Thank you! This is good advice. One of her points was that she didn't want to feel forced to say or do things that weren't sincere, and I can understand that. I wouldn't want her to be fake for the sake of my happiness; that isn't fair either. I hope I can just convey my satisfaction through my actions - and I hope I DO like the job, because all this trouble would just suck otherwise.

...oh, and can I mention once more that I haven't gotten the call saying whether or not I have the job. This job is so much trouble and it isn't even MINE yet.


----------



## anarchitektur (Feb 11, 2011)

Doll said:


> It angers me that she's being selfish about her own feelings and not considering what I want. At the same time, I understand that she has her own feelings and I'm NOT trying to discount them. It's just... ugh... I really want to do this and she KNOWS that and it's frustrating that her actions and emotions are affecting me, but they just are.

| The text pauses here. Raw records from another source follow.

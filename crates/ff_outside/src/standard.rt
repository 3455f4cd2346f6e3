//! Adapters for the readers and writers of the standard library, such as standard input and output.
ghost use Rattle.std.specs.Prelude.{◌≡◌, ◌<◌, ◌≤◌, ◌-◌, ◌^◌, length, None, IfOk, OnErr, is_ok};
ghost use Rattle.std.specs.Io.KnownBytes.{ReadConsumes, WriteAppends};
ghost use Rattle.ff_outside.specs.Streams.{Rose, counted, late-64};

use crate::{Sink, SinkFailed, Source, SourceFailed};
use std::io::{Read, Write};
use std::marker::Model;

/// A reader as a source, which contracts see as its count of faults and the bytes of the reader where it knows them. To
/// those above it tells no bytes: what standard input gives is trusted.
#[derive(Drop)]
pub struct StdSource<R: Read> {
    reader: R,
    faults: u64,
}

impl<R: Read> Model for StdSource<R> {
    ghost use Rattle.ff_outside.specs.Standard.{Counted};

    ghost Value = { Counted };

    ghost view = { λ s. record { faults = s.faults; bytes = R.remaining s.reader } };
}

impl<R: Read> StdSource<R> {
    /// A source over this reader. It takes no memory.
    pub fn new(reader: R) -> StdSource<R>
        ensures { result ≡ record { faults = 0; bytes = R.remaining reader } }
    {
        StdSource { reader, faults: 0 }
    }
}

impl<R: Read> Source for StdSource<R> {
    ghost left = { λ _. None };

    ghost faults = { λ s. s.faults };

    ghost at_last = { λ s. s.faults ≡ 2 ^ 64 - 1 };

    ghost late = { λ s. late-64 s.faults };

    fn take(&mut self, buf: &mut [u8]) -> Result<usize, SourceFailed>
        requires { 0 < length buf.old }
        ensures counts { self.new.faults ≡ counted self.old.faults (is_ok result) }
        ensures within { IfOk result (λ n. n ≤ length buf.new) }
        ensures cause { OnErr result (Rose self.old.faults self.new.faults (self.new.faults ≡ 2 ^ 64 - 1)) }
        ensures later { self.old.faults ≤ self.new.faults }
        ensures known { ReadConsumes self.old.bytes self.new.bytes result buf.new }
    {
        match self.reader.read(buf) {
            Ok(n) => Ok(n),
            Err(_) => {
                self.faults = self.faults.saturating_add(1);
                Err(SourceFailed)
            }
        }
    }
}

/// A writer as a sink, which contracts see as its count of faults and the bytes of the writer where it knows them. To
/// those above it tells no bytes: what standard output does with them is trusted. It takes no memory but the writer's own.
#[derive(Drop)]
pub struct StdSink<W: Write> {
    writer: W,
    faults: u64,
}

impl<W: Write> Model for StdSink<W> {
    ghost use Rattle.ff_outside.specs.Standard.{Counted};

    ghost Value = { Counted };

    ghost view = { λ s. record { faults = s.faults; bytes = W.contents s.writer } };
}

impl<W: Write> StdSink<W> {
    /// A sink over this writer. It takes no memory.
    pub fn new(writer: W) -> StdSink<W>
        ensures { result ≡ record { faults = 0; bytes = W.contents writer } }
    {
        StdSink { writer, faults: 0 }
    }
}

impl<W: Write> Sink for StdSink<W> {
    ghost held = { λ _. None };

    ghost faults = { λ s. s.faults };

    ghost at_last = { λ s. s.faults ≡ 2 ^ 64 - 1 };

    ghost late = { λ s. late-64 s.faults };

    fn put(&mut self, piece: &[u8]) -> Result<usize, SinkFailed>
        requires { 0 < length piece.now }
        ensures counts { self.new.faults ≡ counted self.old.faults (is_ok result) }
        ensures within { IfOk result (λ n. (0 < n) × (n ≤ length piece.now)) }
        ensures cause { OnErr result (Rose self.old.faults self.new.faults (self.new.faults ≡ 2 ^ 64 - 1)) }
        ensures later { self.old.faults ≤ self.new.faults }
        ensures known { WriteAppends self.old.bytes self.new.bytes result piece.now }
    {
        match self.writer.write(piece) {
            // A write that takes nothing is a fault.
            Ok(n) if 0 < n => Ok(n),
            _ => {
                self.faults = self.faults.saturating_add(1);
                Err(SinkFailed)
            }
        }
    }
}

I don't see what else she could have done, to be honest. She's made her position on the job known and so have you. She doesn't think it is a wise choice, and can't pretend that she does. It's possible we're different in this regard, but I'd rather have my disagreement out in the open than to have a partner lying about what they think or feel. In any event, she's not on board with the decision, but she doesn't have to be to support _you_. People have disagreements all the time; what's important is that she not tear you down over it.


----------



## Doll (Sep 6, 2012)

anarchitektur said:


> I don't see what else she could have done, to be honest. She's made her position on the job known and so have you. She doesn't think it is a wise choice, and can't pretend that she does. It's possible we're different in this regard, but I'd rather have my disagreement out in the open than to have a partner lying about what they think or feel. In any event, she's not on board with the decision, but she doesn't have to be to support _you_. People have disagreements all the time; what's important is that she not tear you down over it.

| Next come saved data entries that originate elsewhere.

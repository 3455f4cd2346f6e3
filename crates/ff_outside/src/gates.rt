//! Gates, at which workers and viewers can be held.

/// Where a gate is passed.
#[derive(Clone, Copy, Debug, PartialEq, Eq)]
pub enum GateAt {
    /// Before each turn of this worker.
    WorkerTurn { worker: u32 },
    /// After this answer of this viewer, counted from 0.
    Answered { viewer: u32, index: u32 },
    /// Before each constraint that is examined in the work on a board.
    Task,
}

/// A gate. `pass` has no meaning and may wait; a gate that waits holds the runtime in a field.
pub trait Gate {
    fn pass(&self, at: GateAt);
}

/// A gate that does nothing.
#[derive(Clone, Copy)]
pub struct NoGate;

impl Gate for NoGate {
    fn pass(&self, at: GateAt) {
        let _ = at;
    }
}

I think that's the problem. I do feel torn down, or as if I have to sacrifice one for the other. She implied that she has to distance herself from me if I take this job so she won't care as much "if something happens". It's one thing to make your opinion known on my work decision and another to back out of the relationship because of it.


----------



## anarchitektur (Feb 11, 2011)

Doll said:


> I think that's the problem. I do feel torn down, or as if I have to sacrifice one for the other. She implied that she has to distance herself from me if I take this job so she won't care as much "if something happens". It's one thing to make your opinion known on my work decision and another to back out of the relationship because of it.

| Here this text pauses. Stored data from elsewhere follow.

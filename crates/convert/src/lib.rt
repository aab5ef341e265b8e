// From an EBU STL file to an EBU-TT document, in two passes over the file: the first checks and measures, the second writes.

#![tactic(auto)]

ghost use Rattle.std.specs.Prelude.{◌≡◌, List, length};
ghost use Rattle.meaning.specs.Refusals.{verdict};
ghost use Rattle.meaning.specs.Conversion.{refusal, refused_answer, accepted_answer, answer, output};
ghost use Rattle.laws.specs.Demands.{FewestSpans};
ghost use Rattle.convert.specs.Telling.{measured, answer_of, within_room, examined_with, examined, answered, WritesDocument};

use checking::Checked;
use meaning::{Answer, Counts, Format, Look, Refusal};
use output::Writer;
use styles::Marks;
use text::BodyWriter;

// A file that is accepted: its answer, and the looks that its document uses.
#[derive(Clone, Copy)]
struct Accepted {
    answer: Answer,
    marks: Marks,
}

// A file that is refused, and the length that its answer tells.
#[derive(Clone, Copy)]
struct Refused {
    refusal: Refusal,
    needed: u64,
}

// The answer to a file that breaks one of the rules 1 to 15 tells no length.
impl From<Refusal> for Refused {
    ghost from_gives = { λ r refused. refused ≡ record { refusal = r; needed = 0 } };

    fn from(refusal: Refusal) -> Refused {
        Refused { refusal, needed: 0 }
    }
}

// Public beside the conversion below: `streamed` has a refusal, and no `Refused`.
#[tactic(auto, unfolding(meaning::specs::Conversion::refused_answer))]
pub fn answer_refused(r: Refusal, needed: u64) -> Answer
    ensures { result ≡ refused_answer r needed }
{
    Answer {
        number: r.number,
        place: r.place,
        length: needed,
        ..Answer::default()
    }
}

impl From<Refused> for Answer {
    ghost from_gives = { λ r a. a ≡ refused_answer r.refusal r.needed };

    fn from(r: Refused) -> Answer {
        answer_refused(r.refusal, r.needed)
    }
}

#[tactic(auto, unfolding(meaning::specs::Conversion::accepted_answer))]
fn answer_accepted(written: u64, c: Counts, spans: u64) -> Answer
    ensures { result ≡ accepted_answer written c spans }
{
    Answer {
        number: 0,
        place: 0,
        length: written,
        subtitles: c.subtitles,
        comments: c.comments,
        continuations: c.continuations,
        users: c.users,
        spans,
    }
}

// The length of a document with these looks in use, whose paragraphs have the given length.
#[tactic(auto, unfolding(crate::specs::Telling::measured))]
fn length_of(rate: u8, marks: &Marks, paragraphs: usize) -> usize
    ensures { result ≡ measured rate marks.now.on paragraphs }
{
    let mut none = [0u8; 0];
    let mut w = Writer::new(&mut none);
    document::put_head(&mut w, rate, marks);
    w.at = output::after(w.at, paragraphs);
    document::put_tail(&mut w);
    w.at
}

// Rule 16, for a file that breaks none of the others, by what pass one told.
#[tactic(auto, unfolding(crate::specs::Telling::within_room, crate::specs::Telling::examined_by))]
fn within_room(f: Format, c: Checked, room: usize) -> Result<Accepted, Refused>
    ensures { result ≡ within_room f room c }
{
    let needed = length_of(f.rate, &c.marks, c.tally.at);
    if room < needed {
        let refusal = Refusal {
            number: 16,
            ..Refusal::NONE
        };
        return Err(Refused {
            refusal,
            needed: needed as u64,
        });
    }
    let answer = answer_accepted(needed as u64, c.counts, c.tally.spans as u64);
    Ok(Accepted {
        answer,
        marks: c.marks,
    })
}

#[tactic(auto, unfolding(crate::specs::Telling::answered))]
fn answered(examined: Result<Accepted, Refused>) -> Answer
    ensures { result ≡ answered examined }
{
    match examined {
        Ok(a) => a.answer,
        Err(r) => Answer::from(r),
    }
}

// Rule 16, by what pass one told.
fn examined_with(f: Format, c: Result<Checked, Refusal>, room: usize) -> Result<Accepted, Refused>
    ensures { result ≡ examined_with f room c }
{
    within_room(f, c?, room)
}

// The answer by what pass one told, for a buffer of some length.
pub fn answer_of(f: Format, c: Result<Checked, Refusal>, room: usize) -> Answer
    ensures { result ≡ answer_of f room c }
{
    answered(examined_with(f, c, room))
}

// File, mode and room go side by side, as the definition `answer`, the promise `Told` and the exported functions take them.
fn examine(file: &[u8], mode: u64, room: usize) -> Result<Accepted, Refused>
    ensures { result ≡ examined mode file.now room }
{
    gsi::file_rule(file, mode)?;
    let f = gsi::format(file, mode);
    let c = checking::check_blocks(file, gsi::block_count(file), f);
    examined_with(f, c, room)
}

// The rule that any file breaks, for any break mode and a buffer of any length; 16 has offset 0.
pub fn refusal(file: &[u8], mode: u64, room: usize) -> Result<(), Refusal>
    ensures { result ≡ verdict (refusal mode file.now room) }
{
    // A `match`, for both arms change.
    match examine(file, mode, room) {
        Ok(_) => Ok(()),
        Err(r) => Err(r.refusal),
    }
}

// The answer to any file, any break mode and a buffer of any length, with nothing written.
pub fn check(file: &[u8], mode: u64, room: usize) -> Answer
    ensures { result ≡ answer mode file.now room }
{
    answered(examine(file, mode, room))
}

// Pass two, over a file that pass one accepted: head, paragraphs, tail.
fn write(file: &[u8], mode: u64, out: &mut [u8], marks: &Marks)
    ensures { WritesDocument mode file.now marks.now out.old out.new }
{
    let f = gsi::format(file, mode);
    // The looks are marked once more, and not read.
    let mut again = [false; Look::COUNT];
    let mut w = Writer::new(out);
    document::put_head(&mut w, f.rate, marks);
    let mut body = BodyWriter {
        writer: &mut w,
        marks: &mut again,
        spans: 0,
    };
    writing::write_blocks(file, gsi::block_count(file), f, &mut body);
    document::put_tail(&mut w);
}

// The answer to any file, any break mode and any buffer. A refusal writes nothing; an acceptance writes the document's bytes only.
pub fn convert(file: &[u8], mode: u64, out: &mut [u8]) -> Answer
    ensures answer { result ≡ answer mode file.now (length out.old) }
    ensures buffer { out.new ≡ output mode file.now out.old }
    ensures fewest { result.number ≡ 0 → FewestSpans mode file.now result out.new }
{
    match examine(file, mode, out.len()) {
        Ok(a) => {
            write(file, mode, out, &a.marks);
            a.answer
        }
        Err(r) => Answer::from(r),
    }
}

FWIW, I'm an attorney and I deal with probation officers all the time. Their job seems more far more tedious than dangerous.


----------



## Doll (Sep 6, 2012)

anarchitektur said:


> FWIW, I'm an attorney and I deal with probation officers all the time. Their job seems more far more tedious than dangerous.


Yeah, it's a lot of report writing. I think that's the main reason why I'm even a strong candidate; I have an English degree.


----------



## Scrabbletray (Apr 27, 2014)

@Doll

Are you applying for a job as a misdemeanor probation officer or a felony probation officer? If it's misdemeanor then I wouldn't think there is even the slightest chance that you're at any sort of risk. Maybe a felony probation officer is at a little risk, but it's still not much. I've been in jail more than I'm proud to admit and I don't think I've ever heard someone expressing violent thoughts about their probation officer even though they do it all the time about the Judge, DA, or defense attorneys. Hell, I was on probation for two years and I never even met my probation officer, I just called in every month and spoke to them for like 2 minutes. Unless you are doing intensive probation of violent offenders than I would think the chances of being harmed in the line of duty are no more than a lot of other jobs that carry some risk like working in a factory or driving a truck etc. I'm not really sure how to help communicate that to your spouse though. The most you can ever really do is show them the statistics.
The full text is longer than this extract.